#### [WORK ORDER]
Copy all lines holding the word "target" from the entries.

DATA UNDER STUDY Block Start

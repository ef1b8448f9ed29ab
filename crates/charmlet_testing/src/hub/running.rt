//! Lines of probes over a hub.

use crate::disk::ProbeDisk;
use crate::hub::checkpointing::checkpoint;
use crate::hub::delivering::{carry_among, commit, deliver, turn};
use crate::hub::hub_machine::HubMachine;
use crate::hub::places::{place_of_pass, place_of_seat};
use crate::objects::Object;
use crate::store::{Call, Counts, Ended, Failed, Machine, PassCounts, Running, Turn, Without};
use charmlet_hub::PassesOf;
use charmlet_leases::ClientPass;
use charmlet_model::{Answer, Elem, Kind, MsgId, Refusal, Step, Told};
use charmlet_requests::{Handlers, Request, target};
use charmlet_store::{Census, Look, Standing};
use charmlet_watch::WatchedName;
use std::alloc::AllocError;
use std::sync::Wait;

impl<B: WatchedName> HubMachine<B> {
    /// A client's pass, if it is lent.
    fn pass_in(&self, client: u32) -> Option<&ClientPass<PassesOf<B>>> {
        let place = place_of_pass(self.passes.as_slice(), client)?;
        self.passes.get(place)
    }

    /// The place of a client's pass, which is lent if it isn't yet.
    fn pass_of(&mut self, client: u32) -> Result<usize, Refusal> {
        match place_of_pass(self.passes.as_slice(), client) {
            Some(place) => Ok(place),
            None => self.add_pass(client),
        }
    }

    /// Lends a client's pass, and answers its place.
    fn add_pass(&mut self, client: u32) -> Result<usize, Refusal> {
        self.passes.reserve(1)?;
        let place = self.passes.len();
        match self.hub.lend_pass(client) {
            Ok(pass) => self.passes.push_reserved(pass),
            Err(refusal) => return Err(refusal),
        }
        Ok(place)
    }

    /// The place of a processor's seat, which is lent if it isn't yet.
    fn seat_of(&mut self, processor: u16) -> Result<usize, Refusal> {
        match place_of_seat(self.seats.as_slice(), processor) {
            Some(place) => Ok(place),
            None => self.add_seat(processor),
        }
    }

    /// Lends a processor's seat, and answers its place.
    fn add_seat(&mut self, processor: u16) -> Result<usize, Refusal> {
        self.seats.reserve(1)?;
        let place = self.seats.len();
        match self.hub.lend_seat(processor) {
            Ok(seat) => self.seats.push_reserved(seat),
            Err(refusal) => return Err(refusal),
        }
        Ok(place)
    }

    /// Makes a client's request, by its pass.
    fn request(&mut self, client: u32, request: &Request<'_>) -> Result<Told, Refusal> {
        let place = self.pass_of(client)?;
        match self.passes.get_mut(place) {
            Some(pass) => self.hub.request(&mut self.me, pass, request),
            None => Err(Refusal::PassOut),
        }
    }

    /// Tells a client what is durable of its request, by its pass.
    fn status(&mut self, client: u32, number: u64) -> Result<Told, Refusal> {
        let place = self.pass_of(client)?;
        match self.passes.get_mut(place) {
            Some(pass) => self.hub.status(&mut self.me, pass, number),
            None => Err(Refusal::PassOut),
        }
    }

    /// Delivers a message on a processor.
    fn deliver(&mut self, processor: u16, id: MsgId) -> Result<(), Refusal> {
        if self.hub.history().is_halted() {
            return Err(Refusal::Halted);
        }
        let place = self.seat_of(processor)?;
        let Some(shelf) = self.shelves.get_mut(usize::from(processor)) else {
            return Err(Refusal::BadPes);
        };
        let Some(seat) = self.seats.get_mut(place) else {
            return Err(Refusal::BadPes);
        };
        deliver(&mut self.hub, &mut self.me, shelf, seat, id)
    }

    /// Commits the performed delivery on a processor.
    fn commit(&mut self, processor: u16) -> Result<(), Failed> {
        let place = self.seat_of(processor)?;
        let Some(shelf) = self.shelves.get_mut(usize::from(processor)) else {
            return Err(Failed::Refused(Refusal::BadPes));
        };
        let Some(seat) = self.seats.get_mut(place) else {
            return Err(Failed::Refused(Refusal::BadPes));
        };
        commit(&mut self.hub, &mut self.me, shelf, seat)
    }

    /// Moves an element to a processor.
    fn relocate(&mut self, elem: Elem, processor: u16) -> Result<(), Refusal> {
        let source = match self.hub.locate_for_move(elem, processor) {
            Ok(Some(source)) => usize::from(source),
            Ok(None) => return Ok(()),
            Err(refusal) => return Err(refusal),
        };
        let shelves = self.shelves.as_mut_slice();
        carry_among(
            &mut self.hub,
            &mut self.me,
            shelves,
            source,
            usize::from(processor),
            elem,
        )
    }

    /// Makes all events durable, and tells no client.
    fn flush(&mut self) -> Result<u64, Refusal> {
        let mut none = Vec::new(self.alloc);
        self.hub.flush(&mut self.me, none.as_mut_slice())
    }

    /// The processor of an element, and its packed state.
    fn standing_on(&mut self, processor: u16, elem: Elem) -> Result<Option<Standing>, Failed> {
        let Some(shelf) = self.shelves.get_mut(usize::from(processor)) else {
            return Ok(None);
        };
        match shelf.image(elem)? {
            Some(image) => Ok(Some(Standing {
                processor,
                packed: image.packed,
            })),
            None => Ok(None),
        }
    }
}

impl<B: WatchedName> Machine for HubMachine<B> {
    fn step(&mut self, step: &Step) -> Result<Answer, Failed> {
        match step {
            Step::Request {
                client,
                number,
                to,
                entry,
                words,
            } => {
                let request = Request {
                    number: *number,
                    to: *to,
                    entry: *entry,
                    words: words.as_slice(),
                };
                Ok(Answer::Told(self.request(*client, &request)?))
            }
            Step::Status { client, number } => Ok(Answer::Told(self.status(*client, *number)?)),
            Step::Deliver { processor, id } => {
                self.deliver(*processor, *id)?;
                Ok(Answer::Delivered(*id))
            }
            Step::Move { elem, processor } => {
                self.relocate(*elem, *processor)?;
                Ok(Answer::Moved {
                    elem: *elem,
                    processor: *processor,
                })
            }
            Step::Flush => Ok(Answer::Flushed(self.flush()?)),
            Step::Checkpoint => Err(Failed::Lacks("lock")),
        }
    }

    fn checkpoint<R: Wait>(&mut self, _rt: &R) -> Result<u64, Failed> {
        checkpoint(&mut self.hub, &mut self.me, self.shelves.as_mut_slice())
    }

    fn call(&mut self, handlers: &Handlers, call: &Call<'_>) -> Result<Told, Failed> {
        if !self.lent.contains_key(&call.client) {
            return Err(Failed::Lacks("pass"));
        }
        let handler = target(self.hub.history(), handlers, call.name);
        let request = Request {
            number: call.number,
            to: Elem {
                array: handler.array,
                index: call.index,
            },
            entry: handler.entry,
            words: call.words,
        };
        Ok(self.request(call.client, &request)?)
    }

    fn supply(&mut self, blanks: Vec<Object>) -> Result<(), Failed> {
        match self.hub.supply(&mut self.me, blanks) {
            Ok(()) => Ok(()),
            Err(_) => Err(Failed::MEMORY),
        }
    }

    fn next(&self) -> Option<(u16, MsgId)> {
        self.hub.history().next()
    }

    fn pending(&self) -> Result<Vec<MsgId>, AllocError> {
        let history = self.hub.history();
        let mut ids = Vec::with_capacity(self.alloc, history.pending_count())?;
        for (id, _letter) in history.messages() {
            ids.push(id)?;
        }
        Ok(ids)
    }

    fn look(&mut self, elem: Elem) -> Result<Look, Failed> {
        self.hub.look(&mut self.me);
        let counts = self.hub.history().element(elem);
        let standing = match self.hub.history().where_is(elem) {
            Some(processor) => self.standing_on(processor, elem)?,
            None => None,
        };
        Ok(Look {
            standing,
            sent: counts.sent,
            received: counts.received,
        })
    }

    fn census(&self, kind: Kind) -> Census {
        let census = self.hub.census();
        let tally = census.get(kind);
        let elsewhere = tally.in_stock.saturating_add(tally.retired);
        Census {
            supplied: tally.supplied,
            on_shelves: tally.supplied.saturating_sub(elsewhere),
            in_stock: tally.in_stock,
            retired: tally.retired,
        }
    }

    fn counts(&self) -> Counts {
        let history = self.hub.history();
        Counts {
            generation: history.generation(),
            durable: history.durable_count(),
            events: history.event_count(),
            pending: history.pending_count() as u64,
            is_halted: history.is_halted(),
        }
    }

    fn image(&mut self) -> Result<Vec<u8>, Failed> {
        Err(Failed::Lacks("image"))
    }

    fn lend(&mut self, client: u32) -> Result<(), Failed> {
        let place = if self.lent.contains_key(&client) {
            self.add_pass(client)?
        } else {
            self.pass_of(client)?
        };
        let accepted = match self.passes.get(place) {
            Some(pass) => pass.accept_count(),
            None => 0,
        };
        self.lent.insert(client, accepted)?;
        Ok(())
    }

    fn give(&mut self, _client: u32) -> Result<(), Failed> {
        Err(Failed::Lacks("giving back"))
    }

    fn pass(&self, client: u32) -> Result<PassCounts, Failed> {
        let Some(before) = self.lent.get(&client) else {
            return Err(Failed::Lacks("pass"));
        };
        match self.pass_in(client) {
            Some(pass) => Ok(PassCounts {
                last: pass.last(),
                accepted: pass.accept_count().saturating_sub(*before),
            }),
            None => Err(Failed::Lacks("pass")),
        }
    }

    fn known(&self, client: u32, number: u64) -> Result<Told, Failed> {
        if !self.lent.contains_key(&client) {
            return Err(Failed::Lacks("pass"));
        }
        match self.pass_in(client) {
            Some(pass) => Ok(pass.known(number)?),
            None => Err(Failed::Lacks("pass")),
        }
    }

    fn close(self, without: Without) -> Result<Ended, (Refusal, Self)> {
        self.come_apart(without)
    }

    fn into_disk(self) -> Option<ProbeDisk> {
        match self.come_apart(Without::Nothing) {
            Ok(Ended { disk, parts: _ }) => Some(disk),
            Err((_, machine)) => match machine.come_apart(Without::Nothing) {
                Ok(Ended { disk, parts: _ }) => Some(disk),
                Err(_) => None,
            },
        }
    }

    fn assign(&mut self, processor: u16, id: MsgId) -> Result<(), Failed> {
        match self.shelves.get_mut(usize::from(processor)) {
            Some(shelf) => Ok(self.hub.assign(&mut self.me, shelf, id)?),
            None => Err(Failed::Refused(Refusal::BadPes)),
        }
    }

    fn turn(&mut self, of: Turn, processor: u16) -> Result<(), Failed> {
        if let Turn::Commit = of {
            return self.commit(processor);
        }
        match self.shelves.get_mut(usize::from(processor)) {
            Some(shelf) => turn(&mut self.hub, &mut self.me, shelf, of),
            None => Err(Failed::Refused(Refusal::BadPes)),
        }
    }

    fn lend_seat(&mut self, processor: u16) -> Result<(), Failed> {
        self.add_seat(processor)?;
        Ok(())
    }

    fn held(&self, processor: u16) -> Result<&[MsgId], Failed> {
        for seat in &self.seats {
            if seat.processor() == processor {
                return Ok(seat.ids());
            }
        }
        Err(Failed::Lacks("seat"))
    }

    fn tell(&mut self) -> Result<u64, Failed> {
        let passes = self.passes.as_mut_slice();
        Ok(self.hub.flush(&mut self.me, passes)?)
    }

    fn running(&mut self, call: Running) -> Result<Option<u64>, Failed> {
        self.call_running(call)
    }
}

DATA UNDER STUDY Block End

#### [EXERCISE RESPONSE]
use charmlet_requests::{Handlers, Request, target};
        let handler = target(self.hub.history(), handlers, call.name);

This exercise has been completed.